Written by Dr. Elan Sasson, CEO of Data Science Group (DSG)
As more businesses start to use machine learning (ML) and AI in products, tools, and business processes, the problem of high-quality data becomes more evident. It is evident that two equally important and tightly coupled components of all ML systems are data and model (i.e., algorithm). The majority (86% according to Gartner) of those ML projects are falling short due to reliability and quality issues of data associated with drifts in the datasets that regularly flow into the technology pipeline of AI-enabled applications.
Data drifts fall into two major categories: structural changes (e.g., the presence of new features or removal of existing features) and generative shifts (e.g., a concept drift/distribution shift) in a data stream. The entanglement complexity in the form of data dependencies in an ML system is also known as the “changing anything changes everything'' issue. For example, when an input feature is changed, then its importance (e.g., weight) and optionally the other remaining features' importance may all shift. Thus, the ML system’s behavior is governed not just by the model, but also by model behavior learned from the data.
The underlying assumption that future data will be similar to past observations, and that distributions of features and targets will remain relatively constant, is typically not valid. Since we expect the world to change over time, model deployment should be treated as a continuous and ongoing process, to identify and to track a model drift over time, and equally important to reduce the time fixing system failures related to model drifts.

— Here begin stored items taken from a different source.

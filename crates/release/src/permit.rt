//! A permit: a token of a book. It is used up by one release, or when it is handed back; only then may it be let go.
ghost use Rattle.std.specs.Prelude.{◌≡◌, true, false};

/// It is made by its book alone, and it is neither copied nor cloned. `used_up` is true once a release or its being
/// handed back has used it up; the book counts as spent only those used up by a release.
pub struct Permit {
    book: u32,
    used_up: bool,
}

impl Drop for Permit {
    /// What is required is proved wherever a permit is let go.
    fn drop(self)
        requires { self.used_up ≡ true }
    {
        let Permit {
            book: _,
            used_up: _,
        } = self;
    }
}

impl Permit {
    pub(crate) fn new(book: u32) -> Permit
        ensures { result ≡ record { book = book; used_up = false } }
    {
        Permit {
            book,
            used_up: false,
        }
    }

    /// The number of its book.
    pub fn book(&self) -> u32
        ensures { result ≡ self.now.book }
    {
        self.book
    }

    /// Marks it as used up and lets it go.
    pub(crate) fn spend(mut self) {
        self.used_up = true;
    }
}
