//! The release of a list by a permit.
ghost use Rattle.std.specs.Prelude.{◌≡◌, length, replicate, take, pos, true, IfOk, IfErr, OnOk, OnErr};
ghost use Rattle.release.specs.Books.{knows, one_spent};
ghost use Rattle.release.specs.Lists.{KeepsListingRule};
ghost use Rattle.release.specs.Releases.{released, book_after, output_after};

use crate::book::{Book, Refused};
use crate::draws::{DrawGuard, noise_in_range, threshold_in_range};
use crate::entry::Entry;
use crate::list::write_list;
use crate::permit::Permit;
use keys::refusal::Refusal;
use summaries::summary::Summary;

/// Writes the list of a summary, with noise added, to the start of the output, in key order, and answers how many
/// entries it has; the permit is spent. Refused, in this order, with 11 if the permit is of another book or the book
/// has none out; with 12 if there are not k draws; with 13 if the shared draw or a draw is out of range; with 14 if the
/// threshold is; with 9 if the output has fewer than k entries: the permit then comes back, and book and output stay.
/// The draws are all zero afterwards in every case.
pub fn release<S: Summary>(
    summary: &S,
    book: &mut Book,
    permit: Permit,
    shared: i32,
    draws: &mut [i32],
    threshold: u32,
    output: &mut [Entry<S::Key>],
) -> Result<usize, Refused>
    ensures answer { result ≡ released (S.content summary.now) book.old permit shared draws.old threshold (length output.old) }
    ensures book { book.new ≡ book_after (S.content summary.now) book.old permit shared draws.old threshold (length output.old) }
    ensures draws { draws.new ≡ replicate (length draws.old) (pos 0) }
    ensures output { output.new ≡ output_after (S.content summary.now) book.old permit shared draws.old threshold output.old }
    ensures accepted { OnOk result ((knows book.old permit ≡ true) × (book.new ≡ one_spent book.old)) }
    ensures refused { OnErr result ((book.new ≡ book.old) × (output.new ≡ output.old)) }
    ensures back { IfErr result (λ e. e.permit ≡ permit) }
    ensures rule { IfOk result (λ n. KeepsListingRule S.Key.Kind.less (S.content summary.now)
        shared draws.old threshold (take n output.new)) }
{
    let guard = DrawGuard { draws };
    let own = &*guard.draws;
    if !book.knows(&permit) {
        return Err(Refused {
            refusal: Refusal::Foreign,
            permit,
        });
    }
    let k = summary.facts().k as usize;
    if own.len() != k {
        return Err(Refused {
            refusal: Refusal::DrawCount,
            permit,
        });
    }
    if !noise_in_range(shared, own) {
        return Err(Refused {
            refusal: Refusal::DrawRange,
            permit,
        });
    }
    if !threshold_in_range(threshold) {
        return Err(Refused {
            refusal: Refusal::Threshold,
            permit,
        });
    }
    if output.len() < k {
        return Err(Refused {
            refusal: Refusal::ShortOutput,
            permit,
        });
    }
    let written = write_list(summary, shared, own, threshold, output);
    book.accept(permit);
    Ok(written)
}
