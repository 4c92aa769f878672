//! Permits and the books that issue them, draws, and the list of a summary with noise added. A permit is spent by one
//! release or handed back. Rests on keys, model and summaries.
#![tactic(auto)]

pub mod book;
mod draws;
pub mod entry;
mod list;
pub mod permit;
pub mod release;
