//! Draws and thresholds: their ranges, the value that a draw gives a key, and the guard that zeroes draws.
ghost use Rattle.std.specs.Prelude.{◌≡◌, length, replicate, pos, ◌+ℤ◌};
ghost use Rattle.std.specs.List.{list_all};
ghost use Rattle.release.specs.Draws.{draw_in_range, noise_in_range, threshold_in_range};

/// The greatest draw. The least is as far below zero.
pub(crate) const GREATEST_DRAW: i32 = 1_073_741_824;

/// The greatest threshold. The least is 1.
pub(crate) const GREATEST_THRESHOLD: u32 = 1_073_741_824;

/// Whether a draw, an own or a shared one, is in range.
pub(crate) fn in_range(draw: i32) -> bool
    ensures { result ≡ draw_in_range draw }
{
    (-GREATEST_DRAW..=GREATEST_DRAW).contains(&draw)
}

/// Whether every draw is in range.
pub(crate) fn all_in_range(draws: &[i32]) -> bool
    ensures { result ≡ list_all draw_in_range draws.now }
{
    for draw in draws {
        if !in_range(*draw) {
            return false;
        }
    }
    true
}

/// Whether the shared draw and every own draw are in range.
pub(crate) fn noise_in_range(shared: i32, draws: &[i32]) -> bool
    ensures { result ≡ noise_in_range shared draws.now }
{
    in_range(shared) && all_in_range(draws)
}

/// Whether a threshold is in range.
pub(crate) fn threshold_in_range(threshold: u32) -> bool
    ensures { result ≡ threshold_in_range threshold }
{
    (1..=GREATEST_THRESHOLD).contains(&threshold)
}

/// The value of a key: its count plus the shared draw plus its own draw. No such sum leaves 64 bits.
pub(crate) fn value(count: u32, shared: i32, draw: i32) -> i64
    ensures { result ≡ pos count +ℤ shared +ℤ draw }
{
    i64::from(count) + i64::from(shared) + i64::from(draw)
}

/// Over the caller's draws alone. When it ends, by whatever way out of the function that holds it, they are all zero.
pub(crate) struct DrawGuard<'a> {
    pub(crate) draws: &'a mut [i32],
}

impl Drop for DrawGuard<'_> {
    fn drop(self)
        ensures { self.exit.0.now ≡ replicate (length self.entry.draws.now) (pos 0) }
    {
        let DrawGuard { draws } = self;
        draws.fill(0);
    }
}
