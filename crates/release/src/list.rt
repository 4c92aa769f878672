//! The list of a summary with noise added.
ghost use Rattle.std.specs.Prelude.{◌≡◌, ◌≤◌, length, take};
ghost use Rattle.release.specs.Lists.{list_of, after_list, KeepsListingRule};

use crate::entry::Entry;
use keys::held::Held;
use summaries::summary::Summary;

/// Writes the list to the start of the output, in key order, and answers how many entries it has. The rest of the
/// output stays.
#[tactic(auto, using(crate::proofs::Listed::listing))]
pub(crate) fn write_list<S: Summary>(
    summary: &S,
    shared: i32,
    draws: &[i32],
    threshold: u32,
    output: &mut [Entry<S::Key>],
) -> usize
    requires draws { length draws.now ≡ (S.content summary.now).k }
    requires room { (S.content summary.now).k ≤ length output.old }
    ensures answer { result ≡ length (list_of (S.content summary.now) shared draws.now threshold) }
    ensures output { output.new
        ≡ after_list (list_of (S.content summary.now) shared draws.now threshold) output.old }
    ensures rule { KeepsListingRule S.Key.Kind.less (S.content summary.now)
        shared draws.now threshold (take result output.new) }
{
    let k = summary.facts().k as usize;
    let mut written = 0;
    for j in 0..k {
        let Some((Held::Real(key), count)) = summary.place(j) else {
            continue;
        };
        let entry = Entry::make(key, count, shared, draws[j]);
        if entry.reaches(threshold) {
            output[written] = entry;
            written += 1;
        }
    }
    written
}
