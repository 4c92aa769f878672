//! An entry of a list.
ghost use Rattle.std.specs.Prelude.{◌≡◌, pos, ◌+ℤ◌};
ghost use Rattle.model.specs.Listing.{reaches};
ghost use Rattle.release.specs.Lists.{entry_of};

use crate::draws::value;

/// A key with its value, which is its count with noise added.
#[derive(Clone, Copy, Debug, PartialEq, Eq, Hash)]
pub struct Entry<K> {
    pub key: K,
    pub value: i64,
}

impl<K> Entry<K> {
    /// The entry of a key with this count, shared draw and own draw.
    pub(crate) fn make(key: K, count: u32, shared: i32, draw: i32) -> Entry<K>
        ensures { result ≡ entry_of (key, pos count +ℤ shared +ℤ draw) }
    {
        Entry {
            key,
            value: value(count, shared, draw),
        }
    }

    /// Whether the value is at least the threshold.
    pub(crate) fn reaches(&self, threshold: u32) -> bool
        ensures { result ≡ reaches (pos threshold) self.now.value }
    {
        self.value >= i64::from(threshold)
    }
}
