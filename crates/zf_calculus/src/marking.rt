//! Decorated schemas, and those of operations on a state.
ghost use Rattle.std.specs.Prelude.{◌≡◌, ◌++◌, ℕ, IfErr, IfOk, List, OnOk, length, map};
ghost use Rattle.zf_calculus.specs.Prelude.{comp_of, IsTooLarge, schema_of, place_in};
ghost use Rattle.zf_calculus.specs.Calculus as spec;
ghost use Rattle.zf_calculus.specs.{Agree, comp, conjoined, decorated, delta, IfStopped, IsNext, MarkAgrees, MarkClashes, new_place, OneClashes, prime, Stops, xi};

use crate::components::agree;
use crate::growing::Growing;
use crate::spare::Spare;
use crate::stop::Stop;
use bumpalo::Bump;
use std::alloc::AllocError;
use std::mem;
use std::mem::ManuallyDrop;
use zf_data::arena::{Items, Lasting, Lent};
use zf_term::{Component, Flat, Measured};
use zf_tree::{RefMark, Span};

/// The schema as it is marked: itself, or it and its state after an operation, and then that no component changes.
pub fn marked<'a>(
    arena: &'a Bump,
    mark: RefMark,
    span: Span,
    schema: &Measured<'a>,
    spare: Spare,
) -> Result<Growing<'a>, Stop<'a>>
    ensures agree { IfOk result (λ g. MarkAgrees mark (schema_of schema.now)) }
    ensures ok { IfOk result (λ g. IsNext (spec.marked mark span (schema_of schema.now)) (schema_of g)) }
    ensures err { IfErr result (λ e. IfStopped e (Stops (MarkClashes mark (schema_of schema.now)) (MarkAgrees mark (schema_of schema.now)) (spec.marked mark span (schema_of schema.now)))) }
{
    match mark {
        RefMark::Plain => Ok(copy(arena, schema, spare)?),
        RefMark::Delta => Ok(change(arena, schema, spare)?.0),
        RefMark::Xi => no_change(arena, span, schema, spare),
    }
}

/// A schema and its state after an operation, where no component changes.
fn no_change<'a>(
    arena: &'a Bump,
    span: Span,
    schema: &Measured<'a>,
    spare: Spare,
) -> Result<Growing<'a>, Stop<'a>>
    ensures agree { IfOk result (λ g. Agree (schema_of schema.now).comps (decorated prime (schema_of schema.now)).comps) }
    ensures ok { IfOk result (λ g. IsNext (xi span (schema_of schema.now)) (schema_of g)) }
    ensures err { IfErr result (λ e. IfStopped e (Stops (OneClashes (schema_of schema.now).comps (decorated prime (schema_of schema.now)).comps) (Agree (schema_of schema.now).comps (decorated prime (schema_of schema.now)).comps) (xi span (schema_of schema.now)))) }
{
    let spare = spare.and_conjuncts(schema.flat().components.len());
    let (mut growing, places) = change(arena, schema, spare)?;
    growing.take_equalities(arena, span, places.get().as_slice())?;
    Ok(growing)
}

/// A schema and its state after an operation, and where the components of that state are.
fn change<'a>(
    arena: &'a Bump,
    schema: &Measured<'a>,
    spare: Spare,
) -> Result<(Growing<'a>, Lasting<'a, Items<'a, usize>>), Stop<'a>>
    ensures agree { IfOk result (λ p. Agree (schema_of schema.now).comps (decorated prime (schema_of schema.now)).comps) }
    ensures ok { IfOk result (λ p. IsNext (delta (schema_of schema.now)) (schema_of p.0)) }
    ensures places { IfOk result (λ p. place_in p.1 ≡ new_place (decorated prime (schema_of schema.now)).comps (delta (schema_of schema.now)).comps) }
    ensures each { IfOk result (λ p. length p.1 ≡ length (schema_of schema.now).comps) }
    ensures err { IfErr result (λ e. IfStopped e (Stops (OneClashes (schema_of schema.now).comps (decorated prime (schema_of schema.now)).comps) (Agree (schema_of schema.now).comps (decorated prime (schema_of schema.now)).comps) (delta (schema_of schema.now)))) }
{
    let after = state_after(arena, schema)?;
    let before = copy(arena, schema, spare.and(&after))?;
    let after = alike(&before, after);
    before.merge(arena, after)
}

/// The state after an operation, if its components agree with those of the schema.
fn state_after<'a>(arena: &'a Bump, schema: &Measured<'a>) -> Result<Flat<'a>, Stop<'a>>
    ensures agree { OnOk result (Agree (schema_of schema.now).comps (decorated prime (schema_of schema.now)).comps) }
    ensures ok { IfOk result (λ f. schema_of f ≡ decorated prime (schema_of schema.now)) }
    ensures err { IfErr result (λ e. IfStopped e (OneClashes (schema_of schema.now).comps (decorated prime (schema_of schema.now)).comps)) }
{
    let flat = schema.flat();
    let after = decorate(arena, b"'", flat, Spare::none())?;
    agree(flat.components.as_slice(), after.components.as_slice())?;
    Ok(after)
}

/// The same schema, with room for what is expected of it.
fn copy<'a>(arena: &'a Bump, schema: &Measured<'a>, spare: Spare) -> Result<Growing<'a>, AllocError>
    ensures { IfOk result (λ g. IsNext (schema_of schema.now) (schema_of g)) }
{
    let flat = decorate(arena, b"", schema.flat(), spare)?;
    let left = schema.left();
    Ok(Growing { flat, left })
}

/// A schema that is another one decorated, so that as much is left of the limits.
fn alike<'a>(growing: &Growing<'a>, flat: Flat<'a>) -> Growing<'a>
    requires { (strokes : List ℕ) × (schema_of flat ≡ decorated strokes (schema_of growing.now)) }
    ensures { result ≡ flat.entry }
{
    let left = growing.left;
    Growing { flat, left }
}

/// The schema with strokes at the end of the name of each component, of which nothing else is copied.
pub fn decorate_own<'a>(
    arena: &'a Bump,
    strokes: &[u8],
    growing: Growing<'a>,
) -> Result<Growing<'a>, AllocError>
    ensures { IfOk result (λ g. schema_of g ≡ decorated strokes.now (schema_of growing.entry)) }
{
    if strokes.is_empty() {
        return Ok(growing);
    }
    let left = growing.left;
    let mut flat = growing.flat;
    add_strokes(arena, strokes, &mut flat.components)?;
    Ok(Growing { flat, left })
}

/// Strokes are added to the name of each component.
fn add_strokes<'a>(
    arena: &'a Bump,
    strokes: &[u8],
    components: &mut Items<'a, Component<'a>>,
) -> Result<(), AllocError>
    ensures { OnOk result (map comp_of components.new ≡ map (λ c. comp (c.name ++ strokes.now) c.type c.sets) (map comp_of components.old)) }
{
    let mut all = mem::replace(components, Items::new(arena)).into_vec();
    let added = add_to_each(arena, strokes, all.as_mut_slice());
    *components = Items {
        items: ManuallyDrop::new(all),
    };
    added
}

fn add_to_each<'a>(
    arena: &'a Bump,
    strokes: &[u8],
    components: &mut [Component<'a>],
) -> Result<(), AllocError>
    ensures { OnOk result (map comp_of components.new ≡ map (λ c. comp (c.name ++ strokes.now) c.type c.sets) (map comp_of components.old)) }
{
    for component in components.iter_mut() {
        component.name = stroked(arena, &component.name, strokes)?;
    }
    Ok(())
}

/// A schema with strokes at the end of the name of each component, and with room for what is expected of it.
pub fn decorate<'a>(
    arena: &'a Bump,
    strokes: &[u8],
    flat: &Flat<'a>,
    spare: Spare,
) -> Result<Flat<'a>, AllocError>
    ensures { IfOk result (λ f. schema_of f ≡ decorated strokes.now (schema_of flat.now)) }
{
    let components = decorated_components(arena, strokes, flat.components.as_slice(), spare)?;
    let conjuncts = flat.conjuncts.share(spare.conjuncts)?;
    Ok(Flat {
        components,
        conjuncts,
    })
}

fn decorated_components<'a>(
    arena: &'a Bump,
    strokes: &[u8],
    components: &[Component<'a>],
    spare: Spare,
) -> Result<Items<'a, Component<'a>>, AllocError>
    ensures { IfOk result (λ cs. map comp_of cs ≡ map (λ c. comp (c.name ++ strokes.now) c.type c.sets) (map comp_of components.now)) }
{
    let mut made = Items::with_room(arena, components.len().saturating_add(spare.components))?;
    for component in components {
        made.push(decorated_component(arena, strokes, component)?)?;
    }
    Ok(made)
}

fn decorated_component<'a>(
    arena: &'a Bump,
    strokes: &[u8],
    component: &Component<'a>,
) -> Result<Component<'a>, AllocError>
    ensures { IfOk result (λ c. comp_of c ≡ comp (component.now.name ++ strokes.now) (comp_of component.now).type (comp_of component.now).sets) }
{
    let name = stroked(arena, &component.name, strokes)?;
    let ztype = component.ztype.share()?;
    let domains = component.domains.share()?;
    Ok(Component {
        name,
        ztype,
        domains,
    })
}

/// A name with strokes at its end. Where there are none, it is not copied.
fn stroked<'a>(arena: &'a Bump, name: &Lent<'a>, strokes: &[u8]) -> Result<Lent<'a>, AllocError>
    ensures { IfOk result (λ t. t ≡ name.now ++ strokes.now) }
{
    if strokes.is_empty() {
        return Ok(name.share());
    }
    Lent::joined(arena, name.as_slice(), strokes)
}
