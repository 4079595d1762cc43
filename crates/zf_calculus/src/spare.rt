//! Room for what a schema is expected to gain.
use zf_term::Flat;

/// How many further components and conjuncts are expected.
#[derive(Clone, Copy)]
pub struct Spare {
    pub components: usize,
    pub conjuncts: usize,
}

impl Spare {
    /// Nothing further is expected.
    pub fn none() -> Spare {
        Spare {
            components: 0,
            conjuncts: 0,
        }
    }

    /// What is expected after this schema: nothing after an empty one, since a text may take in any number of those.
    pub fn behind(self, flat: &Flat<'_>) -> Spare {
        if flat.components.len() == 0 && flat.conjuncts.len() == 0 {
            Spare::none()
        } else {
            self
        }
    }

    /// This schema is expected too.
    pub fn and(self, flat: &Flat<'_>) -> Spare {
        Spare {
            components: self.components.saturating_add(flat.components.len()),
            conjuncts: self.conjuncts.saturating_add(flat.conjuncts.len()),
        }
    }

    /// So many conjuncts are expected too.
    pub fn and_conjuncts(self, count: usize) -> Spare {
        Spare {
            components: self.components,
            conjuncts: self.conjuncts.saturating_add(count),
        }
    }
}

An example of this is the performance decay of the AI model predicting the deterioration of Covid-19 patients due to shifts in the clinical data set - different waves of the disease introduce different distributions of the EMR (electronic medical records) over time. Another task taken from the field of algo-trading of commodities in the energy sector, in April 2020, a model for predicting crude oil prices stumbled upon unusual and unexpected negative prices that lead to abnormal behavior in the resulting model in taking bad positions. This eventually led to a substantial loss of money.
Due to this, model drift is more of a norm than an exception when dealing with real-world data, and will significantly degrade the performance of the ML model over time. Such degradation poses a real threat to enterprises developing mission-critical applications in highly regulated industries such as finance and healthcare.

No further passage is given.